[Saved entries]
══════
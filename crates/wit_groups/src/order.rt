//! The order of things that need each other, as wit-parser has it.

use std::alloc::{AllocError, Global};
use std::cmp::Reverse;
use std::collections::BinaryHeap;
use wit_data::{Items, Span};

/// That a thing needs another: which, by its number, and where it says so.
#[derive(Clone, Copy)]
pub(crate) struct Need {
    pub target: usize,
    pub span: Span,
}

/// The order of things, or the first need that keeps one from having a place.
#[derive(Drop)]
pub(crate) enum Sorted {
    Order(Items<usize>),
    Cycle(Need),
}

/// The numbers of things, each as early as their order allows behind those that it needs. List i has what thing i needs. The
/// only error is want of memory.
pub(crate) fn in_order(alloc: Global, needs: &[Items<Need>]) -> Result<Sorted, AllocError> {
    let mut waiting = Waiting::new(alloc, needs)?;
    let mut order = Items::new(alloc);
    for _ in 0..needs.len() {
        match waiting.ready.pop() {
            Some(Reverse(thing)) => {
                order.push(thing)?;
                waiting.place(thing)?;
            }
            None => break,
        }
    }
    match waiting.first_cycle(needs) {
        Some(need) => Ok(Sorted::Cycle(need)),
        None => Ok(Sorted::Order(order)),
    }
}

/// Things that wait for a place in an order.
#[derive(Drop)]
struct Waiting {
    /// Of each thing how many of its needs have no place yet.
    counts: Items<usize>,
    /// Of each thing which need it, with repeats.
    users: Items<Items<usize>>,
    /// The things that may have the next place.
    ready: BinaryHeap<Reverse<usize>>,
}

impl Waiting {
    /// All things, none of which has a place.
    fn new(alloc: Global, needs: &[Items<Need>]) -> Result<Waiting, AllocError> {
        let mut waiting = Waiting {
            counts: Items::new(alloc),
            users: Items::new(alloc),
            ready: BinaryHeap::new(alloc),
        };
        for needed in needs {
            waiting.counts.push(needed.len())?;
            waiting.users.push(Items::new(alloc))?;
        }
        for (thing, needed) in needs.iter().enumerate() {
            waiting.add_needs(thing, needed.as_slice())?;
        }
        Ok(waiting)
    }

    /// Notes what a thing needs. It is ready if that is nothing.
    fn add_needs(&mut self, thing: usize, needed: &[Need]) -> Result<(), AllocError> {
        if needed.is_empty() {
            self.ready.push(Reverse(thing))?;
        }
        for need in needed {
            if need.target < self.users.len() {
                self.users.at_mut(need.target).push(thing)?;
            }
        }
        Ok(())
    }

    /// Gives a thing its place: those that need it wait for one thing less.
    fn place(&mut self, thing: usize) -> Result<(), AllocError> {
        if thing >= self.users.len() {
            return Ok(());
        }
        let none = Items::new(self.users.allocator());
        let users = self.users.replace(thing, none);
        for user in users.iter() {
            self.end_wait(*user)?;
        }
        Ok(())
    }

    /// Notes that a thing waits for one thing less. It is ready if that was the last.
    fn end_wait(&mut self, thing: usize) -> Result<(), AllocError> {
        if thing < self.counts.len() {
            let count = self.counts.at(thing).saturating_sub(1);
            self.counts.set(thing, count);
            if count == 0 {
                self.ready.push(Reverse(thing))?;
            }
        }
        Ok(())
    }

    /// The first need of a thing that waits for one that waits.
    fn first_cycle(&self, needs: &[Items<Need>]) -> Option<Need> {
        for (thing, needed) in needs.iter().enumerate() {
            if self.waits(thing) {
                if let Some(need) = self.first_waiting(needed.as_slice()) {
                    return Some(need);
                }
            }
        }
        None
    }

    /// The first need for a thing that waits.
    fn first_waiting(&self, needed: &[Need]) -> Option<Need> {
        for need in needed {
            if self.waits(need.target) {
                return Some(*need);
            }
        }
        None
    }

    /// Whether a thing waits for others.
    fn waits(&self, thing: usize) -> bool {
        match self.counts.get(thing) {
            Some(count) => *count > 0,
            None => false,
        }
    }
}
══════
Repeat only the lines from the one holding "self.counts.set(thing, count);" through the last line of the data.

FINISHED TASK:
            self.counts.set(thing, count);
            if count == 0 {
                self.ready.push(Reverse(thing))?;
            }
        }
        Ok(())
    }

    /// The first need of a thing that waits for one that waits.
    fn first_cycle(&self, needs: &[Items<Need>]) -> Option<Need> {
        for (thing, needed) in needs.iter().enumerate() {
            if self.waits(thing) {
                if let Some(need) = self.first_waiting(needed.as_slice()) {
                    return Some(need);
                }
            }
        }
        None
    }

    /// The first need for a thing that waits.
    fn first_waiting(&self, needed: &[Need]) -> Option<Need> {
        for need in needed {
            if self.waits(need.target) {
                return Some(*need);
            }
        }
        None
    }

    /// Whether a thing waits for others.
    fn waits(&self, thing: usize) -> bool {
        match self.counts.get(thing) {
            Some(count) => *count > 0,
            None => false,
        }
    }
}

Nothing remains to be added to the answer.